INPUT MATERIAL:

impl State {
    /// Goes on at the next address where no reading is to be had.
    fn fail(&mut self, alloc: Global, origin: u64, cause: Cause)
        requires origin { origin ≤ 2 ^ 62 }
        requires address { self.old.address < 2 ^ 32 }
        requires place { self.old.last.place ≤ 2 ^ 62 }
        requires roomy { Roomy self.old.room self.old }
        requires held { Held self.old }
        ensures fail { reads (fails origin cause self.old.last.place) (shown self.old) ≡ Goes (shown self.new) }
        ensures placed { StaysPlaced self.old self.new }
        ensures held { Held self.new }
        ensures roomy { Roomy self.old.room self.new }
    {
        let place = self.last.place;
        self.read(Reading::fails(alloc, origin, cause, place));
    }

    /// What a base type reads as with its arguments.
    pub(crate) fn base_reading(
        &self,
        alloc: Global,
        from: &Record,
        base: &Base,
        args: &[Expr],
        place: u64,
    ) -> Result<Reading, Memory>
        requires labels { labels_fit base.now ≡ true }
        requires place { place ≤ length from.now.bytes.now }
        ensures base { IfOk result (λ r. r ≡ base_of (subject_of from.now) base.now (arguments_of args.now (seen (shown self.now))) place) }
        ensures within { IfOk result (λ r. EndsWithin from.now.bytes.now place r) }
    {
        match self.literals.of_args(self.address, args) {
            Some(args) => from.base_with(alloc, base, args, place),
            None => from.base_in(alloc, base, args, self.seen(), place),
        }
    }

    /// Reads a base type with its arguments.
    fn base_type(
        &mut self,
        alloc: Global,
        from: &Record,
        base: &Base,
        args: &[Expr],
    ) -> Result<(), Memory>
        requires labels { labels_fit base.now ≡ true }
        requires address { self.old.address < 2 ^ 32 }
        requires place { self.old.last.place ≤ length from.now.bytes.now }
        requires roomy { Roomy self.old.room self.old }
        requires held { Held self.old }
        ensures read { OnOk result (reads (base_of (subject_of from.now) base.now (arguments_of args.now (seen (shown self.old))) self.old.last.place) (shown self.old) ≡ Goes (shown self.new)) }
        ensures place { OnOk result (self.new.last.place ≤ length from.now.bytes.now) }
        ensures marks { OnOk result (self.new.marks ≡ self.old.marks) }
        ensures held { OnOk result (Held self.new) }
        ensures roomy { Roomy self.old.room self.new }
    {
        let place = self.last.place;
        let reading = self.base_reading(alloc, from, base, args, place)?;
        self.read(reading);
        Ok(())
    }

    /// Computes a value.
    fn compute(
        &mut self,
        alloc: Global,
        from: &Record,
        e: &Expr,
        form: &ComputedForm,
    ) -> Result<(), Memory>
        requires address { self.old.address < 2 ^ 32 }
        requires place { self.old.last.place ≤ length from.now.bytes.now }
        requires roomy { Roomy self.old.room self.old }
        requires held { Held self.old }
        ensures read { OnOk result (reads (compute_of from.now.origin form.now (worth_or_none (value e.now (seen (shown self.old)))) self.old.last.place) (shown self.old) ≡ Goes (shown self.new)) }
        ensures place { OnOk result (self.new.last.place ≤ length from.now.bytes.now) }
        ensures marks { OnOk result (self.new.marks ≡ self.old.marks) }
        ensures held { OnOk result (Held self.new) }
        ensures roomy { Roomy self.old.room self.new }
    {
        let place = self.last.place;
        let reading = from.computed_in(alloc, e, form, self.seen(), place)?;
        self.read(reading);
        Ok(())
    }

    /// Drops the value that was read.
    fn absorb(&mut self)
        requires address { self.old.address < 2 ^ 32 }
        requires roomy { Roomy self.old.room self.old }
        requires held { Held self.old }
        ensures absorb { reads (absorb_of self.old.last) (shown self.old) ≡ Goes (shown self.new) }
        ensures placed { StaysPlaced self.old self.new }
        ensures held { Held self.new }
        ensures roomy { Roomy self.old.room self.new }
    {
        self.last.value = if self.last.is_ok() {
            Val::Unit
        } else {
            Val::Missing
        };
        self.address += 1;
    }

    /// Constrains the value that was read, by its name in the condition.
    fn guard(&mut self, alloc: Global, origin: u64, binder: u16, condition: &Expr)
        requires origin { origin ≤ 2 ^ 62 }
        requires address { self.old.address < 2 ^ 32 }
        requires place { self.old.last.place ≤ 2 ^ 62 }
        requires roomy { Roomy self.old.room self.old }
        requires held { Held self.old }
        ensures guard { reads (guard_of binder condition.now (seen (shown self.old)) self.old.last) (shown self.old) ≡ Goes (shown self.new) }
        ensures placed { StaysPlaced self.old self.new }
        ensures held { Held self.new }
        ensures roomy { Roomy self.old.room self.new }
    {
        let reading = self.take_last(alloc, origin);
        let reading = guarded_in(reading, binder, condition, self.seen());
        self.read(reading);
    }

    /// Reads a declaration. It fails where calls are nested too deep, or where an argument has no value.
    fn call(
        &mut self,
        alloc: Global,
        origin: u64,
        entries: &[Entry],
        number: u16,
        args: &[Expr],
    ) -> Result<(), Memory>
        requires origin { origin ≤ 2 ^ 62 }
        requires address { self.old.address < 2 ^ 32 }
        requires place { self.old.last.place ≤ 2 ^ 62 }
        requires within { GoesWithin self.old.room (call_step origin entries.now number args.now self.old.depth (shown self.old)) }
        requires roomy { Roomy self.old.room self.old }
        requires held { Held self.old }
        ensures call { OnOk result (call_step origin entries.now number args.now self.old.depth (shown self.old) ≡ Goes (shown self.new)) }
        ensures placed { OnOk result (StaysPlaced self.old self.new) }
        ensures held { OnOk result (Held self.new) }
        ensures roomy { Roomy self.old.room self.new }
    {
        if self.depth == 0 {
            self.fail(alloc, origin, Cause::Depth);
            return Ok(());
        }
        let args = arguments_in(alloc, args, self.seen())?;
        let Some(args) = args else {
            self.fail(alloc, origin, Cause::BadParam);
            return Ok(());
        };
        let Some(entry) = entries.get(usize::from(number)) else {
            self.fail(alloc, origin, Cause::BadParam);
            return Ok(());
        };
        self.enter(number, entry, args);
        Ok(())
    }

    /// Ends a declaration: the run halts, or goes on behind the call.
    pub(crate) fn end(&mut self) -> Next
        requires within { GoesWithin self.old.room (return_step (shown self.old) (shown self.old).callers) }
        requires roomy { Roomy self.old.room self.old }
        requires held { Held self.old }
        ensures end { Tells result (return_step (shown self.old) (shown self.old).callers) (shown self.old) (shown self.new) }
        ensures last { self.new.last ≡ self.old.last }
        ensures placed { StaysPlaced self.old self.new }
        ensures held { Held self.new }
        ensures roomy { Roomy self.old.room self.new }
    {
        match self.callers.pop() {
            None => Next::Halts,
            Some(caller) => {
                self.leave(caller);
                Next::Goes
            }
        }
    }

    /// An instruction of a term without a term in it, or around one.
    fn leaf(&mut self, alloc: Global, from: &Record, op: &Op) -> Result<(), Memory>
        requires leaf { is_leaf op.now ≡ true }
        requires labels { labels_stand op.now ≡ true }
        requires address { self.old.address < 2 ^ 32 }
        requires placed { Placed (length from.now.bytes.now) self.old }
        requires roomy { Roomy self.old.room self.old }
        requires held { Held self.old }
        ensures leaf { OnOk result (does [] (subject_of from.now) op.now (shown self.old) ≡ Goes (shown self.new)) }
        ensures placed { OnOk result (Placed (length from.now.bytes.now) self.new) }
        ensures held { OnOk result (Held self.new) }
        ensures roomy { Roomy self.old.room self.new }
    {
        let place = self.last.place;
        match op {
            Op::Unit => self.read(from.unit(alloc, place)),
            Op::Lit(literal) => self.read(from.literal(alloc, literal.as_slice(), place)),
            Op::Eor => self.read(from.end(alloc, place)),
            Op::Base(base, args) => self.base_type(alloc, from, base, args.as_slice())?,
            Op::Compute(e, form) => self.compute(alloc, from, e, form)?,
            Op::Absorb => self.absorb(),
            Op::Guard(binder, condition) => self.guard(alloc, from.origin, *binder, condition),
            _ => unreachable!(),
        }
        Ok(())
    }

    /// An instruction of an array.
    fn array_step(&mut self, alloc: Global, from: &Record, op: &Op) -> Result<(), Memory>
        requires array { is_of_array op.now ≡ true }
        requires address { self.old.address < 2 ^ 32 }
        requires placed { Placed (length from.now.bytes.now) self.old }
        requires within { GoesWithin self.old.room (does [] (subject_of from.now) op.now (shown self.old)) }
        requires roomy { Roomy self.old.room self.old }
        requires held { Held self.old }
        ensures array { OnOk result (does [] (subject_of from.now) op.now (shown self.old) ≡ Goes (shown self.new)) }
        ensures placed { OnOk result (Placed (length from.now.bytes.now) self.new) }
        ensures held { OnOk result (Held self.new) }
        ensures roomy { Roomy self.old.room self.new }
    {
        let origin = from.origin;
        match op {
            Op::Size(size, to) => self.array(alloc, origin, size.as_ref(), *to),
            Op::Full(last, name, to) => self.full(alloc, last.as_ref(), *name, *to),
            Op::Stop(to) => self.stop(*to),
            Op::Edge(to) => self.edge(from, *to),
            Op::Turn(to) => self.turn(*to),
            Op::Sep(to) => self.separate(*to),
            Op::Elem(to, again) => self.element(alloc, origin, *to, *again)?,
            Op::Shut => self.shut(origin),
            _ => unreachable!(),
        }
        Ok(())
    }

    /// One instruction.
    pub(crate) fn step(&mut self, alloc: Global, program: &Program, op: &Op) -> Result<Next, Memory>
        requires labels { labels_stand op.now ≡ true }
        requires address { self.old.address < 2 ^ 32 }
        requires placed { Placed (length program.now.record.bytes.now) self.old }
        requires within { GoesWithin self.old.room (does program.now.entries.now (subject_of program.now.record) op.now (shown self.old)) }
        requires roomy { Roomy self.old.room self.old }
        requires held { Held self.old }
        ensures step { IfOk result (λ next. Tells next (does program.now.entries.now (subject_of program.now.record) op.now (shown self.old)) (shown self.old) (shown self.new)) }
        ensures placed { OnOk result (Placed (length program.now.record.bytes.now) self.new) }
        ensures held { OnOk result (Held self.new) }
        ensures roomy { Roomy self.old.room self.new }
    {
        let origin = program.record.origin;
        match op {
            Op::Open => self.open(alloc, None),
            Op::Part(name) => self.part(alloc, origin, *name)?,
            Op::Close(count) => self.close(origin, *count),
            Op::Mark | Op::ScanFrom => self.note(),
            Op::Try(number, to) => self.branch(alloc, &program.record, *number, *to)?,
            Op::NoArm => self.no_branch(alloc, origin),
            Op::Switch(e, targets, to) => {
                self.switch(alloc, origin, e, targets.as_slice(), *to)?
            }
            Op::Arm(number, to) => self.case(alloc, origin, *number, *to)?,
            Op::ScanOn(to) => return Ok(self.scan(alloc, &program.record, *to)),
            Op::Call(number, args) => {
                self.call(alloc, origin, program.entries, *number, args.as_slice())?
            }
            Op::Return => return Ok(self.end()),
            Op::Size(_, _)
            | Op::Full(_, _, _)
            | Op::Stop(_)
            | Op::Edge(_)
            | Op::Turn(_)
            | Op::Sep(_)
            | Op::Elem(_, _)
            | Op::Shut => self.array_step(alloc, &program.record, op)?,
            _ => self.leaf(alloc, &program.record, op)?,
        }
        Ok(Next::Goes)
    }

    /// Runs until it halts.
    pub(crate) fn run(&mut self, alloc: Global, program: &Program) -> Result<(), Memory>
        ghost steps: { ℕ }
        requires short { length program.now.code.now < 2 ^ 32 }
        requires counted { AreCounted program.now.code.now program.now.entries.now }
        requires labels { list_all labels_stand program.now.code.now ≡ true }
        requires placed { Placed (length program.now.record.bytes.now) self.old }
        requires halts { Halting program.now.code.now program.now.entries.now (subject_of program.now.record) self.old.room steps (shown self.old) }
        requires roomy { Roomy self.old.room self.old }
        requires held { Held self.old }
        requires code { (decls : List Decl) × IsCodeOf decls program.now.code.now program.now.entries.now }
        ensures ran { OnOk result ((r : Reading) → HaltsWith program.now.code.now program.now.entries.now (subject_of program.now.record) self.old.room (shown self.old) r → self.new.last ≡ r) }
        ensures place { OnOk result (self.new.last.place ≤ length program.now.record.bytes.now) }
        ensures roomy { Roomy self.old.room self.new }
    {
        let mut past = Past::new(alloc);
        let mut known = Known::new(alloc);
        let mut spare = None;
        let mut quiet: u64 = 0;
        'run: while let Some(op) = at(program.code, self.address) {
            match self.advance(alloc, program, &known, quiet == 0, op)? {
                Next::Goes => quiet = quiet.saturating_sub(1),
                Next::Searches => {
                    self.leap(alloc, program, &mut past);
                    quiet = quiet.saturating_sub(1);
                }
                Next::Halts => return Ok(()),
                Next::Asks => {
                    let call = self.asked(alloc, program, &known)?;
                    quiet = learn(alloc, program, &mut spare, &mut known, call)?;
                }
            }
        }
        unreachable!()
    }
}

WORK ITEM: Select from the material above each line in which the string "name" appears, and list those lines.

SOLUTION FOR THIS PROBLEM:
    /// Constrains the value that was read, by its name in the condition.
            Op::Full(last, name, to) => self.full(alloc, last.as_ref(), *name, *to),
            Op::Part(name) => self.part(alloc, origin, *name)?,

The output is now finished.